– Как Хрень и Срань, – буркнул я. – Твою мать, Окси… чем тебя траванули, если не может справиться даже продвинутая медицина? В твоем теле все еще бродят токсины?
– Благодаря тебе и твоим урокам, я стала бессмертной. И потратила еще вечность на создание дополнительных гарантий моего выживания при любом раскладе. Поэтому тот, кому я отдала свое бессмертное сердце… вонзил в него шприц с уникальной смесью тяжелых радиационных элементов и питающимися ими микроорганизмами. Какое-то новое поколение, изобретенное им в его личной лаборатории. Он тоже был идеалист… и верил, что мой путь слишком устаревший… что пора покинуть пределы этих земель и нести наши убеждения на новые территории… Он был лидером… экспансионистом… он стремился нести людям добро…
– И что ты сделала с этим сучьим выродком?
– Запытала до смерти собственными трясущимися и облезающими на глазах руками, – ответил кусок полумертвой плоти в помутневшей воде. – Все то черное, что живет в душе каждого из нас, вылезло в те шесть дней из меня в полной мере. На седьмой день он умер в диких муках…
Тело внутри затопленного бокса содрогнулось. Из всех натуральных отверстий и проеденных в плоти щелей ударили струи мутной жидкости. Сработавшие насосы принялись оперативно менять состав аквариума, и вскоре жидкость опять стала прозрачной. Все это время я молча разглядывал жалкие остатки, что некогда были красивой женщиной.
Ноги сгнили до середины бедер. Рук нет вообще. Глубокие каверны в плоти, кое-где видны почернелые кости. Лысая деформированная голова утыкана металлическими стержнями, к скрытому пластиковыми накладками лицу плотно прилегает дыхательная маска. Глаз нет… как и вообще всего над маской – там лишь истерзанная неостановимым гниением бесформенная вспученная плоть.
– Последние сто двадцать три года ты плаваешь в этой луже?
– Нет… я нахожусь здесь чуть больше пятидесяти лет. До этого меня удавалось стабилизировать разработанными ежедневными процедурами. Все это время наши ведущие ученые бились над попытками очистить мое тело от разрушающих его веществ.
– Но?
– Но оказалось, что это невозможно. Я медленно умираю, Од… Оди… То, что ты сейчас видишь – всего лишь затянувшаяся на сто двадцать лет агония. Меня уже не излечить. Это невозможно.
– Возможно, – ответил я и огляделся. – Так… мне бы пожрать. Есть че?
– Пожрать? Я ведь отправляла тебе тот самый особый приветственный набор… Ты как всегда ненасытен? Сейчас я оповещу Гильду…
– Старуха сейчас чуток занята, – ответил я, оглядывая стены и потолок, скрывающие за собой сложную техническую начинку.
Я видел сенсоры и камеры наблюдения, деактивированные системы активной защиты, готовые опуститься многослойные щиты и еще много чего другого. Эта комната представляет собой защищенный бункер. И я уверен, что при желании Окси откачает отсюда воздух за считанные секунды.
– Чем она занята? – удивленно спросила Окси. – Она мой личный ассистент уже долгие годы и никогда не имела нареканий с моей стороны. Уверена, что она… о Господи! Оди! Ты вырвал Гильде глаз?!
– Ага, – буднично ответил я.
– ЗАЧЕМ?!
– Чтобы привести старую суку в чувство.
– Ты кретин?! Она верна мне до мозга костей!
– Ага, – кивнул я. – Это так.

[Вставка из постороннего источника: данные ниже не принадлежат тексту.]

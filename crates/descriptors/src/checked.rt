// What the check of a body knows of the descriptors so far. In a file of its own, since its ghost field may not lead back to it.
ghost use Rattle.std.specs.Prelude.{IsTrue};
ghost use Rattle.descriptors.specs.Low.{low};

use crate::sequence::Order;

// The order of the descriptors, and whether every reference in them is in the table. `low`: the next setting's number is no sum that overflows, and
// there are no more than 16 interfaces.
#[derive(Clone, Copy)]
pub struct Checked {
    pub order: Order,
    pub refers: bool,
    pub ghost low: { IsTrue (low order.last) },
}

Будь иначе – она бы сдохла в том лифте.
– Тогда зачем?! Зачем было так поступать?! Она находится в тяжелом шоке! А к зданию уже подошел отряд тяжелых штурмовиков.
– Подошел?
– Да.
– Прямо близко?
– Да!
– Так скажи им по двести раз отжаться и бодро идти на хер, – велел я. – И хватит разыгрывать истерику, Окси. Ты живешь уже слишком долго, чтобы истерить из-за одного растекшегося по портрету старого глазного яблока… Сука Гильда получила небольшой и ценный урок.